▼▼▼

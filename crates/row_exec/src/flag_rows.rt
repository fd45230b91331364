// Rows that set flags, and rows that do nothing.
ghost use Rattle.std.specs.Prelude.{◌≡◌, []};
ghost use Rattle.svm_model.specs.Instructions.Operands.{state};
ghost use Rattle.svm_model.specs.Instructions.FlagRows.{sets_carry, complements_carry, sets_direction, does_nothing};

use register_file::{read_flags, write_carry, write_direction, write_rip};
use svm_model::Registers;

/// STC and CLC.
pub fn apply_carry(carry: bool, registers: &mut Registers, next_rip: u64)
    ensures { registers.new ≡ (sets_carry carry next_rip (state registers.old [])).registers }
{
    write_carry(registers, carry);
    write_rip(registers, next_rip);
}

/// CMC.
pub fn apply_complemented_carry(registers: &mut Registers, next_rip: u64)
    ensures { registers.new ≡ (complements_carry next_rip (state registers.old [])).registers }
{
    let flags = read_flags(registers);
    write_carry(registers, !flags.cf);
    write_rip(registers, next_rip);
}

/// STD and CLD.
pub fn apply_direction(direction: bool, registers: &mut Registers, next_rip: u64)
    ensures { registers.new ≡ (sets_direction direction next_rip (state registers.old [])).registers }
{
    write_direction(registers, direction);
    write_rip(registers, next_rip);
}

/// NOP and the fences.
pub fn apply_nothing(registers: &mut Registers, next_rip: u64)
    ensures { registers.new ≡ (does_nothing next_rip (state registers.old [])).registers }
{
    write_rip(registers, next_rip);
}
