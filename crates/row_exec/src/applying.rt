// What applying a row does.
ghost use Rattle.std.specs.Prelude.{◌≡◌, IsTrue};
ghost use Rattle.svm_model.specs.Instructions.Operands.{state};
ghost use Rattle.svm_model.specs.Instructions.UserRows.{is_user_row};
ghost use Rattle.svm_model.specs.Instructions.Apply.{done_op, applied_op, applied, answer_of, state_after, others_of, MovesOn};

use crate::arithmetic::{
    apply_comparison, apply_decrement, apply_difference, apply_increment, apply_logic,
    apply_negation, apply_not, apply_sum, apply_test,
};
use crate::bit_rows::{
    apply_bit_change, apply_bit_test, apply_compare_and_exchange, apply_exchange,
    apply_exchange_and_add,
};
use crate::branches::{
    apply_call, apply_conditional_jump, apply_jump, apply_leave, apply_pop, apply_push,
    apply_return,
};
use crate::flag_rows::{apply_carry, apply_complemented_carry, apply_direction, apply_nothing};
use crate::moves::{
    apply_cbw, apply_cmovcc, apply_cwd, apply_lea, apply_move, apply_movsx, apply_movzx,
    apply_setcc,
};
use crate::multiply_rows::{apply_division, apply_multiplication, apply_signed_multiplication};
use crate::shift_rows::apply_shift;
use register_file::read_flags;
use row_table::lock_is_undefined;
use svm_model::{Applied, LogicKind, Op, Registers, Row, ShiftKind};
use vm_names::INVALID_OPCODE;

/// Applies a row that never faults.
#[tactic(auto, unfolding(svm_model::specs::Instructions::Apply::done_op))]
#[rattlefmt::skip]
fn apply_done(row: &Row, registers: &mut Registers, next_rip: u64, values: &[u64; 8], results: &mut [u64; 8])
    ensures { state registers.new results.new ≡ done_op row.now.op row.now next_rip values.now (state registers.old results.old) }
{
    let carry = read_flags(registers).cf;
    match row.op {
        Op::Adc => apply_sum(carry, row, registers, next_rip, values, results),
        Op::Add => apply_sum(false, row, registers, next_rip, values, results),
        Op::And => apply_logic(LogicKind::And, row, registers, next_rip, values, results),
        Op::Bt => apply_bit_test(row, registers, next_rip, values, results),
        Op::Btc => apply_bit_change(Op::Btc, row, registers, next_rip, values, results),
        Op::Btr => apply_bit_change(Op::Btr, row, registers, next_rip, values, results),
        Op::Bts => apply_bit_change(Op::Bts, row, registers, next_rip, values, results),
        Op::Cbw => apply_cbw(row, registers, next_rip, values, results),
        Op::Cwd => apply_cwd(row, registers, next_rip, values, results),
        Op::Clc => apply_carry(false, registers, next_rip),
        Op::Cld => apply_direction(false, registers, next_rip),
        Op::Cmc => apply_complemented_carry(registers, next_rip),
        Op::Cmovcc => apply_cmovcc(row, registers, next_rip, values, results),
        Op::Cmp => apply_comparison(row, registers, next_rip, values, results),
        Op::Cmpxchg => apply_compare_and_exchange(row, registers, next_rip, values, results),
        Op::Dec => apply_decrement(row, registers, next_rip, values, results),
        Op::Imul => apply_signed_multiplication(row, registers, next_rip, values, results),
        Op::Inc => apply_increment(row, registers, next_rip, values, results),
        Op::Lea => apply_lea(row, registers, next_rip, results),
        Op::Leave => apply_leave(registers, next_rip, values, results),
        Op::Mov => apply_move(row, registers, next_rip, values, results),
        Op::Movsx | Op::Movsxd => apply_movsx(row, registers, next_rip, values, results),
        Op::Movzx => apply_movzx(row, registers, next_rip, values, results),
        Op::Mul => apply_multiplication(false, row, registers, next_rip, values, results),
        Op::Neg => apply_negation(row, registers, next_rip, values, results),
        Op::Nop | Op::Lfence | Op::Mfence | Op::Sfence => apply_nothing(registers, next_rip),
        Op::Not => apply_not(row, registers, next_rip, values, results),
        Op::Or => apply_logic(LogicKind::Or, row, registers, next_rip, values, results),
        Op::Pop => apply_pop(row, registers, next_rip, values, results),
        Op::Push => apply_push(row, registers, next_rip, values, results),
        Op::Rol => apply_shift(ShiftKind::Rol, row, registers, next_rip, values, results),
        Op::Ror => apply_shift(ShiftKind::Ror, row, registers, next_rip, values, results),
        Op::Shl => apply_shift(ShiftKind::Shl, row, registers, next_rip, values, results),
        Op::Sar => apply_shift(ShiftKind::Sar, row, registers, next_rip, values, results),
        Op::Sbb => apply_difference(carry, row, registers, next_rip, values, results),
        Op::Setcc => apply_setcc(row, registers, next_rip, results),
        Op::Shr => apply_shift(ShiftKind::Shr, row, registers, next_rip, values, results),
        Op::Stc => apply_carry(true, registers, next_rip),
        Op::Std => apply_direction(true, registers, next_rip),
        Op::Sub => apply_difference(false, row, registers, next_rip, values, results),
        Op::Test => apply_test(row, registers, next_rip, values, results),
        Op::Xadd => apply_exchange_and_add(row, registers, next_rip, values, results),
        Op::Xchg => apply_exchange(row, registers, next_rip, values, results),
        Op::Xor => apply_logic(LogicKind::Xor, row, registers, next_rip, values, results),
        _ => {}
    }
}

#[tactic(auto, unfolding(svm_model::specs::Instructions::Apply::applied_op))]
#[rattlefmt::skip]
fn apply_op(row: &Row, registers: &mut Registers, next_rip: u64, values: &[u64; 8], results: &mut [u64; 8]) -> Applied
    ensures answer { result ≡ answer_of (applied_op row.now.op row.now next_rip values.now (state registers.old results.old)) }
    ensures state { state registers.new results.new ≡ state_after (state registers.old results.old) (applied_op row.now.op row.now next_rip values.now (state registers.old results.old)) }
{
    match row.op {
        Op::Call => apply_call(row, registers, next_rip, values, results),
        Op::Div => apply_division(false, row, registers, next_rip, values, results),
        Op::Idiv => apply_division(true, row, registers, next_rip, values, results),
        Op::Jcc => apply_conditional_jump(row, registers, next_rip, results),
        Op::Jmp => apply_jump(row, registers, next_rip, values, results),
        Op::Ret => apply_return(row, registers, values, results),
        _ => {
            apply_done(row, registers, next_rip, values, results);
            Applied::Done
        }
    }
}

/// Applies a row, or refuses its LOCK prefix.
#[tactic(auto, unfolding(svm_model::specs::Instructions::Apply::applied))]
fn apply_row(
    row: &Row,
    registers: &mut Registers,
    next_rip: u64,
    values: &[u64; 8],
    results: &mut [u64; 8],
) -> Applied
    ensures unchanged { (trap : _) → result ≡ Applied.Fault trap → state registers.new results.new ≡ state registers.old results.old }
    ensures answer { result ≡ answer_of (applied row.now next_rip values.now (state registers.old results.old)) }
    ensures state { state registers.new results.new ≡ state_after (state registers.old results.old) (applied row.now next_rip values.now (state registers.old results.old)) }
{
    if lock_is_undefined(row) {
        return Applied::Fault(INVALID_OPCODE);
    }
    apply_op(row, registers, next_rip, values, results)
}

/// Does what a user row does (volume 3, 'General-Purpose Instruction Reference').
///
/// `next_rip` is the address of the next row. `values` are those that the row's planned accesses read, and `results`
/// receives those that they write, each at the access's place in the plan; of a value the low bits of its width count.
/// The answer is a fault where a LOCK prefix stands that may not (#UD), where a branch leads to an address that is not
/// canonical (#GP(0)), and where a division has no quotient that fits (#DE). A fault changes nothing.
#[tactic(auto, using(svm_model::proofs::UserRowLemmas::user_rows))]
pub fn apply(
    row: &Row,
    registers: &mut Registers,
    next_rip: u64,
    values: &[u64; 8],
    results: &mut [u64; 8],
) -> Applied
    requires { IsTrue (is_user_row row.now.op) }
    ensures answer { result ≡ answer_of (applied row.now next_rip values.now (state registers.old results.old)) }
    ensures state { state registers.new results.new ≡ state_after (state registers.old results.old) (applied row.now next_rip values.now (state registers.old results.old)) }

    // A fault changes nothing, and a row nothing but general registers, RIP and RFLAGS.
    ensures unchanged { (trap : _) → result ≡ Applied.Fault trap → state registers.new results.new ≡ state registers.old results.old }
    ensures others { others_of registers.new ≡ others_of registers.old }
    // A row that is done leads on: to the next row, or to its branch's target.
    ensures moves_on { result ≡ Applied.Done → MovesOn row.now next_rip values.now registers.old registers.new }
{
    apply_row(row, registers, next_rip, values, results)
}
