// Rows that shift and rotate.
ghost use Rattle.std.specs.Prelude.{◌≡◌};
ghost use Rattle.svm_model.specs.Instructions.Operands.{state};
ghost use Rattle.svm_model.specs.Instructions.ShiftRows.{counts_by_cl, count_of, shifts};

use flag_math::shift;
use register_file::{
    RCX, cut, operand_value, read_flags, register_value, write_flags, write_operand, write_rip,
};
use row_table::counts_by_cl;
use svm_model::{Registers, Row, ShiftKind, Width};

fn count_of(row: &Row, registers: &Registers) -> u8
    ensures { result ≡ count_of row.now registers.now }
{
    if counts_by_cl(row.form) {
        register_value(registers, Width::W8, RCX, false) as u8
    } else {
        cut(Width::W8, row.immediate) as u8
    }
}

/// ROL, ROR, SHL, SHR and SAR.
#[tactic(auto, unfolding(svm_model::specs::Instructions::ShiftRows::shifts))]
pub fn apply_shift(
    kind: ShiftKind,
    row: &Row,
    registers: &mut Registers,
    next_rip: u64,
    values: &[u64; 8],
    results: &mut [u64; 8],
)
    ensures { state registers.new results.new ≡ shifts kind row.now next_rip values.now (state registers.old results.old) }
{
    let value = operand_value(row.width, row.operand, registers, values);
    let count = count_of(row, registers);
    let before = read_flags(registers);
    let (result, flags) = shift(row.width, kind, value, count, before);
    write_operand(row.width, row.operand, result, registers, results);
    write_flags(registers, flags);
    write_rip(registers, next_rip);
}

▲▲▲

■ **What to produce**: If a line in the entries contains the word "IsTrue", copy that line out.

■ **Solution below**:
ghost use Rattle.std.specs.Prelude.{◌≡◌, IsTrue};
    requires { IsTrue (is_user_row row.now.op) }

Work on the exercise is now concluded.